U01.11.051 Vasculitides

Learning Objectives

Systematically classify Vasculitides by vessel size and immunologic markers. Differentiate between ANCA-associated and immune-complex mediated small-vessel disease, and identify the critical multisystem triads required for USMLE-style diagnosis.


1. Large-Vessel Vasculitis

Granulomatous inflammation primarily affects the aorta and its major branches.

Condition Epidemiology Clinical Presentation / Pathophysiology High-Yield Notes
Giant Cell (Temporal) Arteritis Females > 50 years old. Unilateral headache, jaw claudication, and temporal tenderness. Risk of blindness. Associated with PMR; High ESR; Treat with steroids before biopsy.
Takayasu Arteritis Asian females < 40 years old. “Pulseless disease”; weak upper extremity pulses, night sweats, fever. Granulomatous thickening of the aortic arch and great vessels.


2. Medium-Vessel Vasculitis

Involves muscular arteries supplying major organs; it often presents with ischemia, microaneurysms, or thrombosis.

Condition Epidemiology Clinical Presentation / Pathophysiology High-Yield Notes
Buerger Disease Heavy smokers, males < 40. Intermittent claudication, gangrene, Raynaud phenomenon, and autoamputation.
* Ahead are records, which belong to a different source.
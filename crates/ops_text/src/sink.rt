//! Where bytes are written to, as many at a time as it takes. It knows nothing of what they say.

ghost use Rattle.std.specs.Prelude.{◌≡◌, ℕ, ◌<◌, ◌≤◌, List, Option, length, take, OnOk, OnErr, IfOk};
ghost use Rattle.ops_text.specs.Faults.{Rose};
ghost use Rattle.ops_text.specs.Output.{Extends, ExtendsInPart};

mod memory;
mod out;
mod sure;

pub use memory::MemSink;
pub use out::OutSink;
pub use sure::SureSink;

/// Bytes couldn't be written.
#[derive(Clone, Copy, Debug, PartialEq, Eq)]
pub struct SinkFailed;

/// Where bytes are written to.
pub trait Sink {
    /// The bytes that it holds, or none where it doesn't tell them.
    ghost told: { Self → Option (List ℕ) };

    /// How many faults have come. It never falls.
    ghost faults: { Self → ℕ };

    /// Takes a front of the bytes, at least one byte where there is one, and answers how many.
    fn write(&mut self, bytes: &[u8]) -> Result<usize, SinkFailed>
        ensures within { IfOk result (λ taken. taken ≤ length bytes.now) }
        ensures some { IfOk result (λ taken. 0 < length bytes.now → 0 < taken) }
        ensures ok { IfOk result (λ taken.
            Extends (told self.old) (told self.new) (take taken bytes.now)) }
        ensures err { OnErr result (told self.new ≡ told self.old) }
        ensures failed { OnErr result (Rose (faults self.old) (faults self.new)) }
        ensures passed { OnOk result (faults self.new ≡ faults self.old) }
        ensures later { faults self.old ≤ faults self.new };
}

/// Not all was written.
#[derive(Clone, Copy, Debug, PartialEq, Eq)]
pub struct WriteFault;

/// Writes all the bytes, by as many calls as it takes. After a fault a part of them, from the first
/// on, was written. It takes no memory.
pub fn write_all<K: Sink>(sink: &mut K, bytes: &[u8]) -> Result<(), WriteFault>
    ensures ok { OnOk result (Extends (K.told sink.old) (K.told sink.new) bytes.now) }
    ensures part { OnErr result (ExtendsInPart (K.told sink.old) (K.told sink.new) bytes.now) }
    ensures fault { OnErr result (Rose (K.faults sink.old) (K.faults sink.new)) }
    ensures no_fault { OnOk result (K.faults sink.new ≡ K.faults sink.old) }
    ensures later { K.faults sink.old ≤ K.faults sink.new }
{
    let mut done = 0;
    while done < bytes.len() {
        let Ok(taken) = sink.write(&bytes[done..]) else {
            return Err(WriteFault);
        };
        done += taken;
    }
    Ok(())
}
Segmental thrombosing vasculitis. Smoking cessation is the only treatment.
Kawasaki Disease Asian children < 4 years old. Conjunctivitis, Rash, Adenopathy, Strawberry tongue, Hand-foot edema, and fever. Risk of coronary artery aneurysms. Treat with IVIG and Aspirin.
Polyarteritis Nodosa (PAN) Middle-aged males; 30% HBV+. Renal/Visceral ischemia, hypertension, abdominal pain, melena. Spares Lungs. “String of pearls” on arteriogram; transmural fibrinoid necrosis.

3. Small-Vessel Vasculitis (ANCA-Associated)
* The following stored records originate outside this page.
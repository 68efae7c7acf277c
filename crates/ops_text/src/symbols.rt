//! Names and their numbers. A store of names only grows, so a number stands for its name for good.

ghost use Rattle.std.specs.Prelude.{◌≡◌, ℕ, ◌+◌, ◌-◌, ◌^◌, ◌<◌, ◌≤◌, false, [], ◌∷◌, ◌++◌, codes, length, slice_get, OnOk, OnErr, IfOk, IfSome, is_some};
ghost use Rattle.std.specs.List.{list_any};
ghost use Rattle.std.specs.Str.{bytes_eq};
ghost use Rattle.ops_text.specs.Names.{AreNames, KeepsNumbers, number_of, with_name};

use crate::OutOfMemory;
use indexmap::IndexSet;
use std::alloc::Global;
use std::marker::Model;

/// Names in the order of their arrival. A name's number is its place, from 0.
#[derive(Debug, Drop)]
pub struct Symbols {
    names: IndexSet<Vec<u8>>,
}

impl Model for Symbols {
    ghost use Rattle.std.specs.Prelude.{ℕ, List, map};
    ghost use Rattle.ops_text.specs.Names.{AreNames, Names};

    ghost Value = { List (List ℕ) };

    ghost view = { λ s. map (λ name. name.items) s.names.keys };

    ghost invariant = { λ s. AreNames (map (λ name. name.items) s.names.keys) };
}

impl Symbols {
    /// A store that holds `nil` alone.
    pub fn new(alloc: Global) -> Result<Symbols, OutOfMemory>
        ensures { IfOk result (λ symbols. symbols ≡ codes "nil" ∷ []) }
    {
        let mut names = IndexSet::new(alloc);
        names.insert(Vec::from_slice(alloc, b"nil")?)?;
        Ok(Symbols { names })
    }

    /// How many names there are.
    pub fn len(&self) -> u32
        ensures len { result ≡ length self.now }
        ensures kept { AreNames self.now }
    {
        self.names.len() as u32
    }

    /// The bytes of the name with this number.
    pub fn bytes(&self, number: u32) -> &[u8]
        requires { number < length self.now }
        ensures { slice_get self.now number ≡ Some result.now }
    {
        self.names.as_slice()[number as usize].as_slice()
    }

    fn find(&self, bytes: &[u8]) -> Option<u32>
        ensures known { is_some result ≡ list_any (bytes_eq bytes.now) self.now }
        ensures number { IfSome result (λ number. number ≡ number_of self.now bytes.now) }
    {
        match self.names.get_index_of(bytes) {
            Some(at) => Some(at as u32),
            None => None,
        }
    }

    /// The number of a name, which is a new one where the name is new. After want of memory all is
    /// as before. It takes the same time whatever the number of names.
    pub fn number(&mut self, alloc: Global, bytes: &[u8]) -> Result<u32, OutOfMemory>
        requires { length self.old < 2 ^ 32 - 1 }
        ensures ok { IfOk result (λ number. number ≡ number_of self.old bytes.now) }
        ensures names { OnOk result (self.new ≡ with_name self.old bytes.now) }
        ensures given { IfOk result (λ number. slice_get self.new number ≡ Some bytes.now) }
        ensures err { OnErr result (self.new ≡ self.old) }

        // In both cases each number that was given stands.
        ensures stand { KeepsNumbers self.old self.new }
        ensures room { length self.new ≤ length self.old + 1 }
    {
        match self.find(bytes) {
            Some(number) => Ok(number),
            None => self.add(alloc, bytes),
        }
    }

    fn add(&mut self, alloc: Global, bytes: &[u8]) -> Result<u32, OutOfMemory>
        requires few { length self.old < 2 ^ 32 - 1 }
        requires new { list_any (bytes_eq bytes.now) self.old ≡ false }
        ensures ok { IfOk result (λ number. number ≡ length self.old) }
        ensures names { OnOk result (self.new ≡ self.old ++ bytes.now ∷ []) }
        ensures given { IfOk result (λ number. slice_get self.new number ≡ Some bytes.now) }
        ensures err { OnErr result (self.new ≡ self.old) }
    {
        let number = self.names.len() as u32;
        self.names.insert(Vec::from_slice(alloc, bytes)?)?;
        Ok(number)
    }
}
Necrotizing vasculitis typically divided by their specific ANCA serology (MPO vs. PR3).

Category Condition Clinical Presentation High-Yield Notes
p-ANCA (MPO) Microscopic Polyangiitis Lung, kidney, and skin involvement. Palpable purpura. Pauci-immune glomerulonephritis; No granulomas.
p-ANCA (MPO) Eosinophilic Granulomatosis (Churg-Strauss) Asthma, peripheral neuropathy (wrist/foot drop), and eosinophilia. Granulomatous necrotizing vasculitis; Elevated IgE.
c-ANCA (PR3) Granulomatosis with Polyangiitis (Wegener) Nasal septum perforation, hemoptysis, hematuria (triad: Upper/Lower Resp + Renal). Focal necrotizing granulomas; Treat with Cyclophosphamide/Rituximab.
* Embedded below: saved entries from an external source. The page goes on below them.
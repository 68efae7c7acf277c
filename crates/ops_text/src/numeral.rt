//! Decimal texts of integers.

ghost use Rattle.std.specs.Prelude.{◌≡◌, ◌++◌, OnOk, OnErr};
ghost use Rattle.std.specs.Fmt.{signed_decimal};
ghost use Rattle.std.specs.Option.{SomeIff};
ghost use Rattle.ops_text.specs.Numeral.{IsShortInteger, integer_of};

use crate::OutOfMemory;
use itoa::Buffer;
use std::str;

/// The value of an optional sign and one or more digits, or none where the bytes have another shape
/// or the value is outside 64 bits.
pub fn read_int(bytes: &[u8]) -> Option<i64>
    ensures { SomeIff result (IsShortInteger bytes.now) (integer_of bytes.now) }
{
    str::from_utf8(bytes).ok()?.parse().ok()
}

/// Appends the decimal text of an integer: digits without leading zeros, after a minus where it is
/// negative. After want of memory the vector holds what it held.
pub fn put_int(value: i64, out: &mut Vec<u8>) -> Result<(), OutOfMemory>
    ensures ok { OnOk result (out.new.items ≡ out.old.items ++ signed_decimal value) }
    ensures err { OnErr result (out.new.items ≡ out.old.items) }
{
    let mut buffer = Buffer::new();
    out.extend_from_slice(buffer.format(value).as_bytes())
}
4. Small-Vessel Vasculitis (Immune Complex Mediated)

Vessel damage caused by the deposition of circulating immune complexes (Type III Hypersensitivity).

Condition Etiology Clinical Findings High-Yield Notes
IgA Vasculitis (HSP) Often follows URI; Most common in children. Triad: Arthralgia, Abdominal pain, Palpable purpura on the buttocks/legs. Secondary to IgA deposition; Associated with IgA nephropathy.
Mixed Cryoglobulinemia Often, HCV viral infection. Palpable purpura, weakness, arthralgias. Cryoglobulins (IgG/IgM) precipitate in the cold.
Cutaneous Small-Vessel Drug reaction (e.g., Penicillin, Sulfa). Palpable purpura 7–10 days after drug use. Leukocytoclastic vasculitis; no visceral involvement.

5. All-Vessel Vasculitis

Conditions that can involve arteries and veins of various sizes across multiple systems.

Condition Epidemiology Clinical Presentation High-Yield Notes
Behçet Syndrome Turkish / Eastern Mediterranean descent. Recurrent oral and genital ulcers, uveitis, erythema nodosum. Associated with HLA-B51; Triggered by HSV or Parvovirus.

Activity: Vasculitis Size & Serology Quick-Fire Quiz

High-Yield Mnemonics:

  • Kawasaki (CRASH): Conjunctivitis, Rash, Adenopathy, Strawberry tongue, Hand/foot changes.
  • Wegener’s (C-Shape): Affects the nose, lungs, and kidneys in a “C” pattern and uses c-ANCA.
  • Churg-Strauss: Think of a panting asthmatic (p-ANCA).